Si parte dalle indagini sul luminismo fotografico di Giuseppe Cavalli (1904-1961) e dalla sperimentazione di Luigi Veronesi (1908- 1998), per poi passare al grafismo ottico di Franco Grignani (1908-1999), le cosmografie cromatiche di Pasquale De Antonis (1908-2001), la pioneristica ricerca sul materico di Piergiorgio Branzi (1928), fino alle “scomposizioni” di Paolo Monti (1908-1982) e di Nino Migliori (1926), quest’ultimo considerato uno dei grandi fotografi del neorealismo e al contempo un protagonista indiscusso dell’informale fotografico del secondo dopoguerra.
Chiamato il ‘maestro dei toni chiari’, Giuseppe Cavalli per primo ha contribuito a sdoganare la fotografia come arte, rivendicandone una dignità e uno statuto proprio tra le arti visive. I suoi scatti paiono opere metafisiche volte a cogliere la valenza plastica delle cose e il “ritmo palpitante” negli oggetti, come la pallina appoggiata su un gradino (1949), un muretto vuoto (1950) o un capanno su un molo battuto dalle onde (Opera n.20).

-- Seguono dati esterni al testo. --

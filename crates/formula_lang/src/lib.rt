//! The script language: from the tree of a line to a command whose names and types are checked.
#![tactic(auto)]

mod checking;
mod command;
mod mentioning;
mod names;
mod refusal;
mod scope;
mod typing;

pub use checking::{CheckFault, check};
pub use command::{Command, Constant, Declaration, Formula, TimedConstant};
pub use line_times::Nanoseconds;
pub use names::{Declared, Kind, Names};
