//! The variables of the binds round a formula.
ghost use Rattle.std.specs.Prelude.{◌≡◌, ◌++◌, ◌∷◌, [], map, IfOk, OnOk};
ghost use Rattle.script_model.specs.Check.{is_among};
ghost use Rattle.formula_lang.specs.Typing.{bound_view, variable_in};

use inc_value::Ty;
use line_parser::Name;
use std::alloc::{AllocError, Global};

/// A variable of a bind, with the type of its values.
#[derive(Drop)]
pub(crate) struct Variable {
    pub(crate) name: Name,
    pub(crate) ty: Ty,
}

/// The place and the type of the innermost variable of this name, where the innermost of all comes
/// first; none where no variable has the name.
pub(crate) fn variable_named(variables: &[Variable], name: &Name) -> Option<(usize, Ty)>
    ensures { result ≡ variable_in (map bound_view variables.now) name.now }
{
    for place in 0..variables.len() {
        if name.bytes() == variables[place].name.bytes() {
            return Some((place, variables[place].ty));
        }
    }
    None
}

/// The variables within one more bind.
pub(crate) fn within(
    alloc: Global,
    name: &Name,
    ty: Ty,
    variables: &[Variable],
) -> Result<Vec<Variable>, AllocError>
    ensures { IfOk result (λ inner. map bound_view inner.items
        ≡ record { name = name.now; ty = ty } ∷ map bound_view variables.now) }
{
    let mut inner = Vec::new(alloc);
    push_variable(alloc, name, ty, &mut inner)?;
    for outer in variables {
        push_variable(alloc, &outer.name, outer.ty, &mut inner)?;
    }
    Ok(inner)
}

/// Adds a variable behind the others.
fn push_variable(
    alloc: Global,
    name: &Name,
    ty: Ty,
    variables: &mut Vec<Variable>,
) -> Result<(), AllocError>
    ensures { OnOk result (map bound_view variables.new.items
        ≡ map bound_view variables.old.items ++ record { name = name.now; ty = ty } ∷ []) }
{
    variables.push(Variable {
        name: Name::new(alloc, name.bytes())?,
        ty,
    })?;
    Ok(())
}

/// The names of the variables within one more bind.
pub(crate) fn named_within(
    alloc: Global,
    name: &Name,
    variables: &[Name],
) -> Result<Vec<Name>, AllocError>
    ensures { IfOk result (λ inner. inner.items ≡ name.now ∷ variables.now) }
{
    let mut inner = Vec::new(alloc);
    inner.push(Name::new(alloc, name.bytes())?)?;
    for outer in variables {
        inner.push(Name::new(alloc, outer.bytes())?)?;
    }
    Ok(inner)
}

/// Whether one of the variables has the name.
pub(crate) fn is_variable_name(variables: &[Name], name: &Name) -> bool
    ensures { result ≡ is_among variables.now name.now }
{
    for variable in variables {
        if name.bytes() == variable.bytes() {
            return true;
        }
    }
    false
}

Esponente del MAC Movimento Arte Concreta (insieme a Dorazio, Fontana, Munari e Sottsass), pittore, grafico, scenografo oltre che fotografo, Luigi Veronesi nella sua lunga carriera ha prodotto immagini di accoppiamenti di positivo-negativo, inversioni tonali, sovraimpressione e immagini solarizzate. Tra queste, Le stelle dalla mia finestra (1940), un cielo senza luna attraversato da scie luminose e puntini bianchi, reso con graffiature che alternano il bianco e nero e grigio e che danno movimento alla fotografia.

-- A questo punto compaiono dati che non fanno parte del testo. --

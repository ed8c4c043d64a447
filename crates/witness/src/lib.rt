//! Values with a witness: a polynomial in the generators and the elements of a basis that has this value.
#![tactic(auto)]

mod arithmetic;
mod expansion;
pub mod laws;
mod letters;
mod tracked;

pub use arithmetic::{product, reduce, scale, sum};
pub use expansion::{expand, greatest_degree};
pub use letters::{element, generator};
pub use tracked::Tracked;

Franco Grignani, pittore e fotografo autodidatta e graphic designer (nel 1972 vinse il Leone d’argento alla Biennale di Venezia), ha messo la fotografia a servizio della grafica con esperimenti di esposizioni multiple e sovrapposizioni di diversi negativi. A fine anni Quaranta ha affinato la sua ricerca moltiplicando le sperimentazioni: così sono nate le “dissonanze percettive”, le “vibrazioni visive”, le “rotazioni formali” e le “tensioni visive”(come La folla e la La luce spennellata realizzate nel 1954).

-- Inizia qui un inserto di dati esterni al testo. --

//! Witnesses in the generators alone.
ghost use Rattle.std.specs.Prelude.{◌≡◌, ℕ, ◌+◌, ◌-◌, ◌≤◌, ◌<◌, ◌↔◌, [], IfOk, length, get_or};
ghost use Rattle.monomial_order.specs.Limits.{degree_max};
ghost use Rattle.monomial_order.specs.Monomial.{IsMonomial};
ghost use Rattle.monomial_order.specs.MonomialOrder.{MonomialOrder};
ghost use Rattle.polynomials.specs.Polynomial.{AllAt, IsCanonical};
ghost use Rattle.poly_core.specs.Presentation.{IsValid, presented};
ghost use Rattle.witness.specs.Expansion.{IsReplaced, IsReplacement, UsesUpTo};
ghost use Rattle.witness.specs.Tracking.{by_order, letter_poly, values_of, Expands, AreTrackedElements, HasDegreesUpTo, IsGraded, IsWitnessOrder};

use crate::Tracked;
use crate::letters::letter;
use monomial_order::{Memory, Monomial, Order, WordOrder};
use poly_core::{Poly, Presentation};
use std::alloc::Global;
use subalgebra_laws::laws;
use word_field::Field;

/// A polynomial in the generators alone that has the value of h at the generators and elements, up to a member of the
/// ideal.
pub fn expand<F: Field, O: Order>(
    alloc: Global,
    p: &Presentation<F, O>,
    w: &WordOrder,
    s: &[Tracked<F>],
    h: &Poly<F>,
) -> Result<Poly<F>, Memory>
    requires valid { IsValid F.ops O.order p.now }
    requires order { IsWitnessOrder (presented F.ops O.order p.now) (values_of s.now) w.now }
    requires elements { AreTrackedElements (presented F.ops O.order p.now) (by_order w.now) s.now }
    requires canonical { IsCanonical (F.ops p.now.field) (by_order w.now) h.now }
    requires small { HasDegreesUpTo (F.ops p.now.field) (by_order w.now) degree_max h.now }
    ensures canonical { IfOk result (IsCanonical (F.ops p.now.field) (by_order p.now.gen_order)) }
    ensures value { IfOk result (Expands (presented F.ops O.order p.now) (values_of s.now) h.now) }
    ensures degrees { IfOk result (λ e. (d : ℕ) →
        HasDegreesUpTo (F.ops p.now.field) (by_order w.now) d h.now →
        HasDegreesUpTo (F.ops p.now.field) (by_order p.now.gen_order) d e) }
    ensures graded { IfOk result (λ e. (d : ℕ) →
        IsGraded (F.ops p.now.field) (by_order w.now) d h.now →
        IsGraded (F.ops p.now.field) (by_order p.now.gen_order) d e) }
{
    let k = p.generators.len();
    let mut e = h.copy(alloc)?;
    let mut degree = greatest_degree(w, k, &e);
    'degrees: while degree > 0 {
        let next = replace_degree(alloc, p, w, s, &e, degree)?;
        degree = greatest_degree(w, k, &next);
        e = next;
    }
    Ok(e)
}

/// e with the letters of elements of this degree replaced by their witnesses.
fn replace_degree<F: Field, O: Order>(
    alloc: Global,
    p: &Presentation<F, O>,
    w: &WordOrder,
    s: &[Tracked<F>],
    e: &Poly<F>,
    degree: u32,
) -> Result<Poly<F>, Memory>
    requires valid { IsValid F.ops O.order p.now }
    requires order { IsWitnessOrder (presented F.ops O.order p.now) (values_of s.now) w.now }
    requires elements { AreTrackedElements (presented F.ops O.order p.now) (by_order w.now) s.now }
    requires canonical { IsCanonical (F.ops p.now.field) (by_order w.now) e.now }
    requires small { HasDegreesUpTo (F.ops p.now.field) (by_order w.now) degree_max e.now }
    requires positive { 1 ≤ degree }
    requires greatest { AllAt (UsesUpTo (length p.now.generators.items) w.now.s_degrees.items degree) e.now }
    ensures replaced { IfOk result
        (IsReplaced (presented F.ops O.order p.now) (by_order w.now) (values_of s.now) e.now) }
    ensures lower { IfOk result
        (AllAt (UsesUpTo (length p.now.generators.items) w.now.s_degrees.items (degree - 1))) }
{
    laws::compositions::<F>();
    let at = replacements(alloc, p, w, s, degree)?;
    let replaced = Poly::evaluate(alloc, &p.field, w, e, at.as_slice())?;
    Ok(replaced)
}

/// The letters, and the witnesses in place of those of the elements of this degree.
fn replacements<F: Field, O: Order>(
    alloc: Global,
    p: &Presentation<F, O>,
    w: &WordOrder,
    s: &[Tracked<F>],
    degree: u32,
) -> Result<Vec<Poly<F>>, Memory>
    requires valid { IsValid F.ops O.order p.now }
    requires order { IsWitnessOrder (presented F.ops O.order p.now) (values_of s.now) w.now }
    requires elements { AreTrackedElements (presented F.ops O.order p.now) (by_order w.now) s.now }
    requires positive { 1 ≤ degree }
    ensures length { IfOk result (λ at. length at.items ≡ length p.now.generators.items + length s.now) }
    ensures each { let P = presented F.ops O.order p.now in IfOk result (λ at. (i : ℕ) → i < length at.items →
        IsReplacement P (by_order w.now) (values_of s.now) w.now.s_degrees.items degree i (get_or at.items i [])) }
{
    let mut at = generator_letters(alloc, p)?;
    'elements: for i in 0..s.len() {
        at.push(replacement(alloc, p, w, s, i, degree)?)?;
    }
    Ok(at)
}

/// The letters of the generators.
fn generator_letters<F: Field, O: Order>(
    alloc: Global,
    p: &Presentation<F, O>,
) -> Result<Vec<Poly<F>>, Memory>
    ensures length { IfOk result (λ at. length at.items ≡ length p.now.generators.items) }
    ensures each { IfOk result (λ at. (i : ℕ) → i < length at.items →
        get_or at.items i [] ≡ letter_poly (F.ops p.now.field) i) }
{
    let mut at = Vec::new(alloc);
    'letters: for i in 0..p.generators.len() {
        at.push(letter(alloc, &p.field, i)?)?;
    }
    Ok(at)
}

/// The letter of an element, counted from 0, or its witness if it has this degree.
fn replacement<F: Field, O: Order>(
    alloc: Global,
    p: &Presentation<F, O>,
    w: &WordOrder,
    s: &[Tracked<F>],
    i: usize,
    degree: u32,
) -> Result<Poly<F>, Memory>
    requires valid { IsValid F.ops O.order p.now }
    requires order { IsWitnessOrder (presented F.ops O.order p.now) (values_of s.now) w.now }
    requires elements { AreTrackedElements (presented F.ops O.order p.now) (by_order w.now) s.now }
    requires element { i < length s.now }
    requires positive { 1 ≤ degree }
    ensures { let P = presented F.ops O.order p.now in
        IfOk result (IsReplacement P (by_order w.now) (values_of s.now) w.now.s_degrees.items degree
        (length p.now.generators.items + i)) }
{
    let place = p.generators.len() + i;
    if w.s_degrees[place] == degree {
        s[i].by.copy(alloc)
    } else {
        letter(alloc, &p.field, place)
    }
}

/// The greatest degree of a letter in e after the first k letters, and 0 if there is none.
pub fn greatest_degree<F: Field>(w: &WordOrder, k: usize, e: &Poly<F>) -> u32
    requires { AllAt (IsMonomial (length w.now.s_degrees.items)) e.now }
    ensures { (b : ℕ) → result ≤ b ↔ AllAt (UsesUpTo k w.now.s_degrees.items b) e.now }
{
    let mut greatest = 0;
    'terms: for t in e.terms() {
        greatest = greatest.max(greatest_letter(w, k, &t.at));
    }
    greatest
}

/// The same for a monomial.
fn greatest_letter(w: &WordOrder, k: usize, m: &Monomial) -> u32
    requires { IsMonomial (length w.now.s_degrees.items) m.now }
    ensures { (b : ℕ) → result ≤ b ↔ UsesUpTo k w.now.s_degrees.items b m.now }
{
    let mut greatest = 0;
    'places: for place in k..m.places() {
        if m.exponent(place) > 0 {
            greatest = greatest.max(w.s_degrees[place]);
        }
    }
    greatest
}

Uno dei protagonisti più autorevoli della fotografia italiana, il novarese Paolo Monti, ‘maestro dei toni scuri’, ha dedicato buona parte della sua ricerca alla fotografia “astratta” intesa come produzione di forme primordiali (Le astrazioni involontarie del 1952 e Colori del 1958), mentre Pasquale De Antonis (fu fotografo di scena di Luchino Visconti, nonché autore di una delle prime indagini etnofotografiche condotte in Italia, nelle vallate d’Abruzzo) ha realizzato foto senza la macchina fotografica, elaborando una personale e particolare tecnica basata sull’utilizzo di più fonti luminose filtrate da uno schermo cartaceo forato in più punti, per poi arrivare a fissare direttamente sulla carta sensibile le mille forme che andavano assumendo gocce e liquidi oleosi o inchiostri densi versati su una lastra di vetro retroilluminata.
Come per Nino Migliori, anche quella di Piergiorgio Branzi è stata una carriera prevalentemente neorealista. L’artista e giornalista toscano ha esordito nel gruppo La Bussola, è stato corrispondente per la Rai da Mosca e da Parigi, e ha fotografato per oltre cinquant’anni ogni città del Mediterraneo. Alla GAM troviamo esposti scatti inediti della serie Montmartre (1954), vedute urbane del quartiere parigino ancora ferito dalla guerra: facciate rigate di muffa, muri scrostati, tubature e infissi in precario equilibrio, pareti dissestate, un diario visivo che racconta sofferenza e degrado.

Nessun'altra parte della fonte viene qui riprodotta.